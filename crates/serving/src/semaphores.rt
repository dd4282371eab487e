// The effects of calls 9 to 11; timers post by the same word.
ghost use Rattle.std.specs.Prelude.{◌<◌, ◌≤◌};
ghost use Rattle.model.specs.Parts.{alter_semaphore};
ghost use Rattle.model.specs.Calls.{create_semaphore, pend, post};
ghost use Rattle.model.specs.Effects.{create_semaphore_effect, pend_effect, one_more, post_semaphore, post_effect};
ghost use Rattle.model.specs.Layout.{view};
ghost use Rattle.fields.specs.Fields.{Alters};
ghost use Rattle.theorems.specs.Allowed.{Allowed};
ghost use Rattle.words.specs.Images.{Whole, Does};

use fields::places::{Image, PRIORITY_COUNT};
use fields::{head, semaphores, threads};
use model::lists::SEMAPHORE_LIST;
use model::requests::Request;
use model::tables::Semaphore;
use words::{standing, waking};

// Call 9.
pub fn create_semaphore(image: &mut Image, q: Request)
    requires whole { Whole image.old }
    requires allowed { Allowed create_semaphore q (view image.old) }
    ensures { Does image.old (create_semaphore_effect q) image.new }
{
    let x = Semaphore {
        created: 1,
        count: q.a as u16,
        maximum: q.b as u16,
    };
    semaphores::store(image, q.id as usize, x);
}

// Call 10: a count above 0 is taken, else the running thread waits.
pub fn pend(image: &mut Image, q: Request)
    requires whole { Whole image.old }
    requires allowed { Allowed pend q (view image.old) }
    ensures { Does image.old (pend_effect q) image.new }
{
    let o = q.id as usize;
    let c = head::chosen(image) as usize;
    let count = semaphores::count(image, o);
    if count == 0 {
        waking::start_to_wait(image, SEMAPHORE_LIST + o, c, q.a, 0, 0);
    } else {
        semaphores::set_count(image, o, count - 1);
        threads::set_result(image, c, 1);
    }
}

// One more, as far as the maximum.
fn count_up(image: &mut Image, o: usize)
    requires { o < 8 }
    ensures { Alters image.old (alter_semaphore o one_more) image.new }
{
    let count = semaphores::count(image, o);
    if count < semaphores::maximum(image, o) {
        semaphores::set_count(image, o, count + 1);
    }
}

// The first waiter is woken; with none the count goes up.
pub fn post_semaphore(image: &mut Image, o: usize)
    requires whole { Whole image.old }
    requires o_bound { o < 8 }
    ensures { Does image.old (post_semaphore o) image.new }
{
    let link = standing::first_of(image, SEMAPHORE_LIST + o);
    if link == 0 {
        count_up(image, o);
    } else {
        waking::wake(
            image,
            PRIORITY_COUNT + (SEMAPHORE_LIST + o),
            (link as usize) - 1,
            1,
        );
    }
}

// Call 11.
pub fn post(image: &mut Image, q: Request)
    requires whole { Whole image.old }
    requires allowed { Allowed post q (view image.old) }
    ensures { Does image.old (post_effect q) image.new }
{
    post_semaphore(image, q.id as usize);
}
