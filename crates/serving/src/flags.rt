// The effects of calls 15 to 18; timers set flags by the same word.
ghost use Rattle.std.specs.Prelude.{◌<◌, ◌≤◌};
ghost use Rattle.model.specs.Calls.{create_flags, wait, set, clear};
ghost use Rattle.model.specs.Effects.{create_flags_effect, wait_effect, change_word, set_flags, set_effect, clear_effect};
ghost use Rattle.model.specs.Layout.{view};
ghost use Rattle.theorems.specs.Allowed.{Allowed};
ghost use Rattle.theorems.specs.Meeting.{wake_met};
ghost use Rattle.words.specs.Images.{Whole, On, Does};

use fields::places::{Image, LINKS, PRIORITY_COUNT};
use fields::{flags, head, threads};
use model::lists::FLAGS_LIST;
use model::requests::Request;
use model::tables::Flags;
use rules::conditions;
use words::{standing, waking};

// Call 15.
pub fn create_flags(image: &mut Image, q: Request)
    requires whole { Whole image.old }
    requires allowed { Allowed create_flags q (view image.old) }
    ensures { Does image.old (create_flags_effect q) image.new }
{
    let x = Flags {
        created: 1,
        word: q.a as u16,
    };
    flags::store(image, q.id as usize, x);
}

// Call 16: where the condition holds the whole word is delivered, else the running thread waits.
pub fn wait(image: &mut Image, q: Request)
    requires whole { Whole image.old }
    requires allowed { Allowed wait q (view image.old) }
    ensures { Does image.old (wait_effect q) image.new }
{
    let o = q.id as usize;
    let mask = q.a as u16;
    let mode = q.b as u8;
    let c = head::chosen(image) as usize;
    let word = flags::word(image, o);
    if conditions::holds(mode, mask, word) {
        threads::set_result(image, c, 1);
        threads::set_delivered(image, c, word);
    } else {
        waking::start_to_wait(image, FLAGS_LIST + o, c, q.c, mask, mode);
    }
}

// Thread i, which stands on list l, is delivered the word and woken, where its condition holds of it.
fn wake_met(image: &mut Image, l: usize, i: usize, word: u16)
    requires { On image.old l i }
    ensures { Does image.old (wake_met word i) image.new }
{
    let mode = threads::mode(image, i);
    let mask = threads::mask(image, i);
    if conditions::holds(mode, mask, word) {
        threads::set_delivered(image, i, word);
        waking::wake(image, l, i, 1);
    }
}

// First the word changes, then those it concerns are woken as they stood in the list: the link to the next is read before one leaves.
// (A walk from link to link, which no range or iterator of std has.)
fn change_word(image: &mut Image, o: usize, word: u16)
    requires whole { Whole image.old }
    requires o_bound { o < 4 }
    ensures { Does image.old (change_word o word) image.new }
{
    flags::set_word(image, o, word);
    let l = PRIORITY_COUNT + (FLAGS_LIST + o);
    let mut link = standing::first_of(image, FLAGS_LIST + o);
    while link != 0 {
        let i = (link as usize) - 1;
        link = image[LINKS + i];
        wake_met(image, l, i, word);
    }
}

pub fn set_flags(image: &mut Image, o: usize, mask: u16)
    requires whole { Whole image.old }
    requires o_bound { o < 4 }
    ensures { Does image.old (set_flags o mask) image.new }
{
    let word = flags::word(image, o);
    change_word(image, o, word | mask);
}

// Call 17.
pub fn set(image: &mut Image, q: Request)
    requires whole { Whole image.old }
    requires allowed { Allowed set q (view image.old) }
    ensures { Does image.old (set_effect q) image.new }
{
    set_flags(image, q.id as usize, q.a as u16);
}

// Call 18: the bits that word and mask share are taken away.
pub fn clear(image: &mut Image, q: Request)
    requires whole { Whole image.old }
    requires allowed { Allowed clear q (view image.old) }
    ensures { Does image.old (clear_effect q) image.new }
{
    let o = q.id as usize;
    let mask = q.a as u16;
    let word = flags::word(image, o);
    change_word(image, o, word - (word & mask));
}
------------------------------------
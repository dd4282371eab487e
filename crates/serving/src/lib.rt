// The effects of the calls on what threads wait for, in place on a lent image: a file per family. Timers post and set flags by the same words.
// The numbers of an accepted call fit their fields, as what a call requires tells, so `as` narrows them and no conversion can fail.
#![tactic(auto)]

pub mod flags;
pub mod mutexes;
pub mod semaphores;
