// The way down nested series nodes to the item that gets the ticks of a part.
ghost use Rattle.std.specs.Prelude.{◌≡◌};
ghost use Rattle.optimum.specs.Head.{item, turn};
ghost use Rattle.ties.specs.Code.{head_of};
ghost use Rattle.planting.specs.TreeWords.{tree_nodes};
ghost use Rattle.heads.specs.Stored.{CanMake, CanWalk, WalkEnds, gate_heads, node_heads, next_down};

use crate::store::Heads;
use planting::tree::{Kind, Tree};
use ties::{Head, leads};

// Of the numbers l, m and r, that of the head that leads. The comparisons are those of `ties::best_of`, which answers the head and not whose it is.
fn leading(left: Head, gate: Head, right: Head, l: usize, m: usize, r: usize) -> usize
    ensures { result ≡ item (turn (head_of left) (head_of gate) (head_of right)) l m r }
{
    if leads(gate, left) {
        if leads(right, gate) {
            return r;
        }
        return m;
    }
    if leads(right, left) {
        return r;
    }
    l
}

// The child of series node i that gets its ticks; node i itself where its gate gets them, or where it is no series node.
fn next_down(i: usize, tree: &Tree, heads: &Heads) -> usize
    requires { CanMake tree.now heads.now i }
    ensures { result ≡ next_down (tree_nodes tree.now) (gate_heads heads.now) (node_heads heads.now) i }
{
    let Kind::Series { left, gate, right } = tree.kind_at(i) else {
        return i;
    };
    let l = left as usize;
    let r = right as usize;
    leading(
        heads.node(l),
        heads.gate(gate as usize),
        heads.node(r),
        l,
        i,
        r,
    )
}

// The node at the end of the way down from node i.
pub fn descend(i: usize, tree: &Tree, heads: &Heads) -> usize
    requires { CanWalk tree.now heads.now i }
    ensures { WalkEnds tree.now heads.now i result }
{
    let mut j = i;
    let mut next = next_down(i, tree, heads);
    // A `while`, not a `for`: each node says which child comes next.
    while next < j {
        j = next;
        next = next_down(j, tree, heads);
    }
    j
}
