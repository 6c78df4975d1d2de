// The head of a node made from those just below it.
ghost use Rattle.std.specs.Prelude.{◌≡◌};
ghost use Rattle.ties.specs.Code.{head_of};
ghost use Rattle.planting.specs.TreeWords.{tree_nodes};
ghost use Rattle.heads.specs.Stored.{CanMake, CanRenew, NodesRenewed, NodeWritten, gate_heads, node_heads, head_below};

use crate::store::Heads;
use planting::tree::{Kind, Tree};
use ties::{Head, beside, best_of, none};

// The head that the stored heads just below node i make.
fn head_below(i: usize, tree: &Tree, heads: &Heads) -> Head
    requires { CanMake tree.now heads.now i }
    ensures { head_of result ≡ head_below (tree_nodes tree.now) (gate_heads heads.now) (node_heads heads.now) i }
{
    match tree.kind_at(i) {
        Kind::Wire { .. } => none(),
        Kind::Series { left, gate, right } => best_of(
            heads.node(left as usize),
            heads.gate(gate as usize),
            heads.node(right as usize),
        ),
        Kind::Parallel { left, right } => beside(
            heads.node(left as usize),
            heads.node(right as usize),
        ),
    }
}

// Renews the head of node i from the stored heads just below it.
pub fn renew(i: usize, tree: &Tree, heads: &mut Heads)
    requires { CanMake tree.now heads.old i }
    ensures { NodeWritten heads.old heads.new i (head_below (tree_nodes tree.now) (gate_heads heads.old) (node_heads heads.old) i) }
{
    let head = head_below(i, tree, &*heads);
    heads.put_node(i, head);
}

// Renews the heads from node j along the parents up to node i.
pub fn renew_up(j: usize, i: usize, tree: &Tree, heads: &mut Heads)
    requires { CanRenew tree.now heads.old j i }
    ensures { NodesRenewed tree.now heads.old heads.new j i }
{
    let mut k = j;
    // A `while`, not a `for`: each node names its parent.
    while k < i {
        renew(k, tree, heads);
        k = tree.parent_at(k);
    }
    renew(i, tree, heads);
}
------------------------------------
## ABOUT THIS TASK
Provide the count of lines in the data above containing "view", and nothing further.

## SOLVED PROBLEM
9